• Explore possible neural architectures to handle the problem of car model identification.
  • Reproduce the results reported in the paper linked here.



Expected Results

  • Reproduce accuracy scores reported in the CompCars paper.
  • Deliver a trained neural network for car model identification.


1) Performance Optimization

The objective of the PoC In relation to performance is to show the feasibility of using the Intel® architecture in the process of Inference and training.


The metric to measure the feasibility of inference was defined according to the average execution time of the GPU inferences described in the reference paper.

  • In the reference paper the GPU obtained an average time for inference of 200 millisecond per image.
  • In Skylake we obtained an average time for inference of 118 millisecond per image. The graph below shows the average execution time by varying the increase in the number of inferences.

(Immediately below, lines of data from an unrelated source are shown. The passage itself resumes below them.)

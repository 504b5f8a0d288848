// A topic of many messages is opened piece by piece: who wants it waits, and all others are served.
use super::broker::Broker;
use super::chime::{Chime, bell};
use super::letters::play;
use super::stops::again;
use super::world::{Scene, asked, open, settle, sit, topic_name, with_rows};
use broker_parts::{Coming, Outcome, Waiter};
use delivery_machine::{Fault, Reply};
use std::process::Abort;
use std::rt::Clock;
use std::sync::{Arc, Wait};
use std::test::*;

const T: &str = "persistent://public/default/t";

const U: &str = "persistent://public/default/u";

/// More messages than are read at a time.
const LENGTH: u64 = 400;

fn publish<D: Broker, R: Abort + AllocGlobal + Wait + Clock>(
    rt: &R,
    topics: &D,
    seat: &D::Seat,
    number: u64,
) {
    let line = format!(in rt.alloc(); "publish 1 {number} - aGk= 1000");
    let line = line.expect(rt, "no memory");
    drop(asked(rt, topics, seat, line.as_str()));
}

/// A broker that was started again, with so many messages in the rows of a topic that is not open.
fn with_many<D: Broker, R: Abort + AllocGlobal + Wait + Clock>(rt: &R, keeper: D::Rows) -> D {
    let topics: D = open(rt, keeper, 8);
    let seat = sit(rt, &topics, T);
    play(rt, &topics, &seat, &["producer p -"]);
    for number in 0..LENGTH {
        publish(rt, &topics, &seat, number);
    }
    settle(rt, &topics);
    topics.detach(rt, seat);
    again(rt, topics)
}

/// Comes to the topic, which is not open.
fn wait_for<D: Broker, R: Abort + AllocGlobal + Wait>(
    rt: &R,
    topics: &D,
    chime: &Arc<Chime>,
) -> Waiter<Chime> {
    let chime = Arc::try_clone(chime).expect(rt, "no memory");
    match topics.attach(rt, &topic_name(rt, T), false, chime) {
        Ok(Coming::Waits(waiter)) => waiter,
        Ok(Coming::Seated(_)) => panic!(rt; "a seat, and nothing was read"),
        Err(_) => panic!(rt; "refused"),
    }
}

fn expect_outcome<R: Abort>(rt: &R, got: Option<Outcome>, want: Option<Outcome>) {
    assert_eq!(rt; got, want);
}

fn expect_rung<R: Abort>(rt: &R, chime: &Chime, want: bool) {
    assert_eq!(rt; chime.is_rung(), want);
}

fn check_waiter<R: Abort + Wait>(
    rt: &R,
    waiter: &Waiter<Chime>,
    chime: &Chime,
    want: Option<Outcome>,
) {
    expect_outcome(rt, waiter.outcome(rt), want);
    expect_rung(rt, chime, want.is_some());
}

fn expect_progress<R: Abort>(rt: &R, reply: &Reply, want: u64) {
    match reply {
        Reply::Progress { durable, length } => {
            assert_eq!(rt; (*durable, *length), (want, want));
        }
        _ => panic!(rt; "no progress"),
    }
}

/// So many messages are there, and all are stored.
fn check_length<D: Broker, R: Abort + AllocGlobal + Wait>(
    rt: &R,
    topics: &D,
    seat: &D::Seat,
    want: u64,
) {
    let reply = asked(rt, topics, seat, "progress");
    expect_progress(rt, &reply, want);
    drop(reply);
}

/// One task of the storing thread.
fn do_one<D: Broker, R: Abort + Wait + Clock>(rt: &R, topics: &D, tasks: &mut D::Tasks) {
    let did = topics.keep_once(rt, tasks);
    assert!(rt; did);
}

/// Between two pieces of the one topic another is made, and a message of it is stored.
fn publish_between<D: Broker, R: Abort + AllocGlobal + Wait + Clock>(
    rt: &R,
    topics: &D,
    tasks: &mut D::Tasks,
) {
    do_one(rt, topics, tasks);
    let seat = sit(rt, topics, U);
    play(
        rt,
        topics,
        &seat,
        &["producer q -", "publish 1 0 - aGk= 1000"],
    );
    do_one(rt, topics, tasks);
    check_length(rt, topics, &seat, 1);
    topics.detach(rt, seat);
}

#[derive(Clone, Copy)]
struct Long;

impl Scene for Long {
    fn play<D: Broker, R: Abort + AllocGlobal + Wait + Clock>(&self, rt: &R, keeper: D::Rows) {
        let topics: D = with_many(rt, keeper);
        let (first, second, third) = (bell(rt), bell(rt), bell(rt));
        let one = wait_for(rt, &topics, &first);
        let other = wait_for(rt, &topics, &second);
        let gone = wait_for(rt, &topics, &third);
        let mut tasks = D::tasks(rt);
        publish_between(rt, &topics, &mut tasks);
        check_waiter(rt, &one, &first, None);
        gone.leave(rt);
        do_one(rt, &topics, &mut tasks);
        drop(tasks);
        check_waiter(rt, &one, &first, Some(Outcome::Open));
        check_waiter(rt, &other, &second, Some(Outcome::Open));
        expect_rung(rt, &third, false);
        one.leave(rt);
        other.leave(rt);
        let seat = sit(rt, &topics, T);
        check_length(rt, &topics, &seat, LENGTH);
        topics.detach(rt, seat);
    }
}

#[test]
fn who_wants_a_topic_of_many_messages_waits_and_others_are_served(rt: HostRuntime) {
    with_rows(&rt, &Long);
}

#[derive(Clone, Copy)]
struct Closing;

impl Scene for Closing {
    fn play<D: Broker, R: Abort + AllocGlobal + Wait + Clock>(&self, rt: &R, keeper: D::Rows) {
        let topics: D = with_many(rt, keeper);
        let chime = bell(rt);
        let waiter = wait_for(rt, &topics, &chime);
        check_waiter(rt, &waiter, &chime, None);
        topics.close(rt);
        check_waiter(
            rt,
            &waiter,
            &chime,
            Some(Outcome::Refused(Fault::StoreFailed)),
        );
        waiter.leave(rt);
    }
}

#[test]
fn who_waits_is_refused_where_the_store_fails(rt: HostRuntime) {
    with_rows(&rt, &Closing);
}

A gain of 3x was the same amount of training steps (16000), but using different databases. The chart below shows this comparison.

2) Accuracy results with the GoogLeNet cars model

We produced a sample of ~15K cropped images to evaluate the accuracy of the model.
In order to test the model, we take advantage of the caffe test utility and the resulting accuracy is reported bellow:

top-1 accuracy = 0.6814
top-5 accuracy = 0.8565

After removing the bounding box, we obtained accuracy values pretty much compatible with the technical report:

top-1 accuracy = 0.911
top-5 accuracy = 0.984

To verify the performance of the GoogLeNet cars model with new data, a fine-tuning experiment with the stanford dataset using 8,144 training images was carried out.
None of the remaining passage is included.